The First Amendment free speech rights of e-cigarette manufacturers are not violated by a requirement that claims of reduced harm must be proven before they are advertised to the public, nor by a ban on free samples.
The Issue: The FDA deemed that e-cigarettes are subject to laws governing sales and advertising for conventional cigarettes and certain other tobacco products. Those laws include a requirement that, before making claims of reduced harm to health (compared to use of conventional tobacco products), manufacturers must demonstrate to the FDA that their claims are substantiated by evidence. Applicable laws also include a prohibition on distribution of free samples. E-cigarette manufacturers argued that both provisions would violate their First Amendment free speech rights, and that the FDA acted “arbitrarily,” in violation of the Administrative Procedures Act
Why It Matters: The case is important both for the specific threat to public health at issue and for its broader First Amendment implications. Besides posing serious health risks of their own, especially to youth, the demographic with the highest level of e-cigarette use, e-cigarettes are getting a new generation of youth addicted to nicotine, often resulting in long-term tobacco use (including smoking cigarettes), leading to serious illness and premature death for many.

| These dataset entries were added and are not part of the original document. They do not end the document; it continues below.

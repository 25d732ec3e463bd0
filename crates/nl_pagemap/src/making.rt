// The making of a device over a medium that holds nothing.
ghost use Rattle.std.specs.Prelude.{◌≡◌, ◌+◌, ◌-◌, ◌*◌, ◌^◌, ◌<◌, ℕ, false, length, replicate, true, IfErr, IfOk, IsTrue, None};
ghost use Rattle.nl_field.specs.CrashStates.{saturated};
ghost use Rattle.nl_field.specs.Numbers.{ShapeBounds, is_legal, shape_for};
ghost use Rattle.nl_iface.specs.Device.{IsVolumeShape};
ghost use Rattle.nl_nand.specs.Nand.{IsBlank};
ghost use Rattle.nl_pagemap.specs.Made.{IsFreshDevice};
ghost use Rattle.nl_vseg.specs.Segment.{SegmentHasUnmapped, is_taken_as_erased};

use crate::pagemap::Pagemap;
use nl_field::{Memory, PageBuf, Shape};
use nl_iface::Counts;
use nl_nand::Nand;
use nl_pagemap_names::{Numbers, Untried};
use nl_vseg::VSeg;
use std::alloc::Global;

/// What a device has beside its medium.
#[derive(Drop)]
struct Parts {
    vseg: VSeg,
    table: Numbers,
    untried: Untried,
    buf: PageBuf,
}

/// A segment without an address, a table without a number in use, and blocks of which no page was tried.
fn fresh_parts(
    alloc: Global,
    shape: &Shape,
    first: u32,
    last: u32,
    count: u32,
) -> Result<Parts, Memory>
    requires legal { IsTrue (is_legal shape.now.blocks shape.now.pages) }
    requires few { shape.now.pblocks * shape.now.pages < 2 ^ 32 }
    requires numbers { shape.now ≡ shape_for shape.now.blocks shape.now.pages }
    ensures places { IfOk result (λ p. p.vseg.places ≡ replicate shape.now.vaddrs None) }
    ensures pages { IfOk result (λ p. p.vseg.pages ≡ shape.now.pages) }
    ensures bound { IfOk result (λ p. p.vseg.bound ≡ shape.now.vblocks * shape.now.pages) }
    ensures within { IfOk result (λ p. (page : ℕ) → is_taken_as_erased p.vseg page ≡ true → page < p.vseg.bound) }
    ensures spare { IfOk result (λ p. SegmentHasUnmapped p.vseg) }
    ensures table { IfOk result
        (λ p. p.table ≡ record { first = first; last = last; entries = replicate count None; used = replicate count false }) }
    ensures untried { IfOk result (λ p. p.untried ≡ replicate shape.now.pblocks shape.now.pages) }
{
    let vseg = VSeg::new(alloc, shape)?;
    let table = Numbers::new(alloc, first, last, count)?;
    let untried = Untried::new(alloc, shape.pblocks, shape.pages)?;
    let buf = PageBuf::new(alloc)?;
    Ok(Parts {
        vseg,
        table,
        untried,
        buf,
    })
}

impl<M: Nand> Pagemap<M> {
    /// A device over a medium whose pages are all erased: no address was written, and no number is in use. The numbers are those of the
    /// pages of the physical segment, and those of its last block stay unused; one block of pages is kept back. The medium comes back
    /// where memory is refused.
    pub fn make(alloc: Global, media: M, shape: Shape) -> Result<Pagemap<M>, M>
        requires volume { IsVolumeShape shape }
        requires bounds { ShapeBounds shape }
        requires geometry { M.geometry media ≡ record { blocks = shape.blocks; pages = shape.pages } }
        requires blank { M.tells → IsBlank (M.contents media) }
        ensures formed { IfOk result (λ d. ⟦<Pagemap<M> as Counts>⟧.formed d) }
        ensures fresh { IfOk result (λ d. IsFreshDevice ⟦<Pagemap<M> as Counts>⟧ shape d) }
        ensures counts { IfOk result
            (λ d. (⟦<Pagemap<M> as Counts>⟧.clock d ≡ M.clock media)
            × (⟦<Pagemap<M> as Counts>⟧.read_faults d ≡ M.read_faults media)
            × (⟦<Pagemap<M> as Counts>⟧.write_faults d ≡ saturated (M.write_faults media))) }
        ensures back { IfErr result (λ m. m ≡ media) }
    {
        let all = shape.blocks * shape.pages;
        let first = shape.vblocks * shape.pages;
        let room = all - shape.pages - first;
        match fresh_parts(alloc, &shape, first, all - shape.pages, all) {
            Ok(
                Parts {
                    vseg,
                    table,
                    untried,
                    buf,
                },
            ) => Ok(Pagemap {
                media,
                shape,
                vseg,
                table,
                untried,
                room,
                free: 1 + room / shape.pages,
                count: 0,
                next: 1,
                refused: 0,
                buf,
            }),
            Err(Memory) => Err(media),
        }
    }

    /// How many numbers are in use.
    pub fn entries(&self) -> u32
        requires { ⟦<Pagemap<M> as Counts>⟧.formed self.now }
        ensures { result ≡ (⟦<Pagemap<M> as Counts>⟧.names self.now).space.live }
    {
        self.count
    }
}
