// The device, and what it is seen as.
ghost use Rattle.std.specs.Prelude.{◌≡◌, ◌+◌};
ghost use Rattle.nl_field.specs.CrashStates.{saturated};

use nl_field::{PageBuf, Shape};
use nl_nand::Nand;
use nl_pagemap_names::{Numbers, Untried};
use nl_vseg::VSeg;

/// A flash medium with its two segments: pages by virtual address in the first blocks, and pages under numbers in the last. Of each block
/// these are programmed one after the other. What the table says is lost with the memory: nothing is promised of what a stop leaves.
#[derive(Drop)]
pub struct Pagemap<M: Nand> {
    pub(crate) media: M,
    pub(crate) shape: Shape,
    pub(crate) vseg: VSeg,
    pub(crate) table: Numbers,
    /// By block of the physical segment, how many of its pages were not tried since it was erased last.
    pub(crate) untried: Untried,
    /// How many pages can be programmed under numbers: those that were not tried, but one block's.
    pub(crate) room: u32,
    /// The blocks that they fill, and that one.
    pub(crate) free: u32,
    /// How many numbers are in use.
    pub(crate) count: u32,
    /// The stamp of the next page.
    pub(crate) next: u64,
    /// How many erases of the block of numbers that stays unused were refused.
    pub(crate) refused: u64,
    /// The page that a write programs.
    pub(crate) buf: PageBuf,
}

impl<M: Nand> Pagemap<M> {
    /// How many programs and erases failed or were refused.
    pub(crate) fn failures(&self) -> u64
        ensures { result ≡ saturated (M.write_faults self.now.media + self.now.refused) }
    {
        self.media.write_faults().saturating_add(self.refused)
    }
}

More generally, a decision that pre-market review is unconstitutional would have hamstrung the ability to regulate deceptive advertising and promotions of any sort, no matter how harmful the deception. And a decision striking down the sampling ban would have threatened the constitutionality of any regulation of product sales and distribution.
Public Good’s Contribution: Public Good represented a leading public health legal advocacy organization appearing as an amicus in the United States Court of Appeals for the D.C. Circuit. Public Good’s brief explained in detail that the pre-approval requirement for health claims was far from unique, and was necessitated by the sordid history of deceptive claims by the tobacco industry for a long succession of allegedly safer tobacco products. And, contrary to the e-cigarette manufacturers’ claims that they represented a new and different industry not tainted by that history, Public Good demonstrated the intertwined ownership and personnel of the vaping companies and the traditional tobacco companies, and showed the continuity of strategies of deception over time. Public Good also argued that sampling clearly failed to meet applicable standards for when conduct is sufficiently communicative to receive First Amendment protection, and indeed that the vaping companies’ arguments would rule out any regulation of product sales or distribution. Public Good also clarified the correct standard of review if the First Amendment were found to apply.
Amicus represented by Public Good: Public Good’s brief in the D.C. Circuit was filed on behalf of the Public Health Law Center.
Outcome: The D.C. Circuit panel unanimously upheld all the regulations of e-cigarette promotion against all industry objections. In upholding the pre-clearance requirement for reduced harm claims, the Court attached substantial weight to the long history of tobacco industry deception, as explicated in Public Good’s brief. And the Court disposed of the challenge to the free sampling ban essentially along the reasoning of Public Good, which had filed the only amicus brief to address that issue.
266 F. Supp. 3d 360 (D.D.C. 2017), and affirmed, 944 F.3d 267 (D.C. Cir. Dec. 10, 2019).